[Opening Data for this exercise section]

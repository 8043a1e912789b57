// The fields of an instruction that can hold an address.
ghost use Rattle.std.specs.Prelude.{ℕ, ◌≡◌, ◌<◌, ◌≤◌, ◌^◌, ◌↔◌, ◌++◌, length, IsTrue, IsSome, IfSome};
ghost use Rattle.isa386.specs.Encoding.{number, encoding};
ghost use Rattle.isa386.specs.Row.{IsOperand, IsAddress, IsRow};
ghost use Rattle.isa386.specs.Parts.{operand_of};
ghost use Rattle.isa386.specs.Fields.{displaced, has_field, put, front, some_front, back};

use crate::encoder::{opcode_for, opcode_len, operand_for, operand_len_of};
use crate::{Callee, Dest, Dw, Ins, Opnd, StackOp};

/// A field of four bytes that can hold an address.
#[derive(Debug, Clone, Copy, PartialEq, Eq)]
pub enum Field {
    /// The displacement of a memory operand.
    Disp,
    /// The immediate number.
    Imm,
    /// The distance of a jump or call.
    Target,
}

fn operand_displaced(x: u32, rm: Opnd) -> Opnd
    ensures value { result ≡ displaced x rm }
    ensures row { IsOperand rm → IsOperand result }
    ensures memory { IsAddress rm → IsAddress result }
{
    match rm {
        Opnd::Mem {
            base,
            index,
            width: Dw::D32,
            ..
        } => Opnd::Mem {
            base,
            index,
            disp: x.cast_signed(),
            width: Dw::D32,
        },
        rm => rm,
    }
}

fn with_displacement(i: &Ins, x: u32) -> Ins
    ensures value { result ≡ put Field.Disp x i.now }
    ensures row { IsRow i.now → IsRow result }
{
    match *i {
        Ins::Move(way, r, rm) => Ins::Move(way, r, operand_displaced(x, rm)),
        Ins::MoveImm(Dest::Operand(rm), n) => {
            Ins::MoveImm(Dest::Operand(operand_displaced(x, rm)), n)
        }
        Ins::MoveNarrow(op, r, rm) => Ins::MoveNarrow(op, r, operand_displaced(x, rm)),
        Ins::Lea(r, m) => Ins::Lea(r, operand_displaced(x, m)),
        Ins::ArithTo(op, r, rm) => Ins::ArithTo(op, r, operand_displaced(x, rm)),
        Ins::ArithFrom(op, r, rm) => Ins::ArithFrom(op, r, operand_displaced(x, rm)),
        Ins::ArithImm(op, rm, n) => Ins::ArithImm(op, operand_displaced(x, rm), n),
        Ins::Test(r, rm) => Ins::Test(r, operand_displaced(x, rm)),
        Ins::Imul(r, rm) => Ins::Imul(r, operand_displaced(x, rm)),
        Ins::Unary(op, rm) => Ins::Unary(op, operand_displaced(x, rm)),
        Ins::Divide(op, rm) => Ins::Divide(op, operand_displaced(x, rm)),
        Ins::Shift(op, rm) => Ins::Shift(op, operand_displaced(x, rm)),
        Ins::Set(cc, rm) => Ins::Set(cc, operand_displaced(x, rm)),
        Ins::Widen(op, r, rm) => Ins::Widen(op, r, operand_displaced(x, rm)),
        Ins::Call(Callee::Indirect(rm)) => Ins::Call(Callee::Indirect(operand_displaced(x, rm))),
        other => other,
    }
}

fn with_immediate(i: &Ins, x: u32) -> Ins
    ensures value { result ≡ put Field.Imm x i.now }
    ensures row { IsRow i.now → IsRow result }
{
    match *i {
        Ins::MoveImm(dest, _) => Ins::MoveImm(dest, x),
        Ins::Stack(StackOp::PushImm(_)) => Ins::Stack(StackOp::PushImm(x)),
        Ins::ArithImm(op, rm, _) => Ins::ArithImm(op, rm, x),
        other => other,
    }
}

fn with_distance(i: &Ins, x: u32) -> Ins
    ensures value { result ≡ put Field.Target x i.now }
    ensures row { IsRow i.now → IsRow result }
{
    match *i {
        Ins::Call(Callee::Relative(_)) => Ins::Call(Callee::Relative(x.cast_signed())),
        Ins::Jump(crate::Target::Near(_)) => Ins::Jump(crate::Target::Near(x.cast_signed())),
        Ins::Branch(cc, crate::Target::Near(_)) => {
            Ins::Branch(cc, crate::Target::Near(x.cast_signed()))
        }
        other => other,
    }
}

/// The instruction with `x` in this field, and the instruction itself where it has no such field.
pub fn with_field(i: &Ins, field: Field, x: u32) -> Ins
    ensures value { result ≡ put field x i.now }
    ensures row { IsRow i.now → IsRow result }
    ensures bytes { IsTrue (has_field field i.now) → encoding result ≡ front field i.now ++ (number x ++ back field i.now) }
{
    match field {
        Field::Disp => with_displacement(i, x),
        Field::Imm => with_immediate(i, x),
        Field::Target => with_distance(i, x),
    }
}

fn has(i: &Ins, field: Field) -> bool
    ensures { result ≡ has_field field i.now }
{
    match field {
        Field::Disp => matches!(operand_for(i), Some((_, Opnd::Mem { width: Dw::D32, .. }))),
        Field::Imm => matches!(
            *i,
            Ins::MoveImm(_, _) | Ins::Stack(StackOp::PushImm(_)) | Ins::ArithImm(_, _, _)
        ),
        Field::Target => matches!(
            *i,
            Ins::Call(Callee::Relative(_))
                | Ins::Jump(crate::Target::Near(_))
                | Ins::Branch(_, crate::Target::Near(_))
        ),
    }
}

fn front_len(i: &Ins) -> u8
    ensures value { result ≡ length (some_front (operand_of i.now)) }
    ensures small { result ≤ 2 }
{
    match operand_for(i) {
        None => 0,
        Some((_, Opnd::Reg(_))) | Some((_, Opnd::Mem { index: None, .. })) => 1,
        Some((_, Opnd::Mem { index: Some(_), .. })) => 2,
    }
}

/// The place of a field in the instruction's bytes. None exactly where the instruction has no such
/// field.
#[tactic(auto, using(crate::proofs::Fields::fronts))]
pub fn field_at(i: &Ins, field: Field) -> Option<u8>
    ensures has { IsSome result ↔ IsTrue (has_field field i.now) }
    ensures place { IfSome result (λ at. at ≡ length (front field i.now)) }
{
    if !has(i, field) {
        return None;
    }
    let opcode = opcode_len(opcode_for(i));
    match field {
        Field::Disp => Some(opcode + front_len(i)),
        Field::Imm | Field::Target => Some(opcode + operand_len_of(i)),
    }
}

[Closing Data for this exercise section]

Directions — Look through the entries above. Copy each line in which the string "index" occurs.

Solution to this task —
            index,
            index,
        Some((_, Opnd::Reg(_))) | Some((_, Opnd::Mem { index: None, .. })) => 1,
        Some((_, Opnd::Mem { index: Some(_), .. })) => 2,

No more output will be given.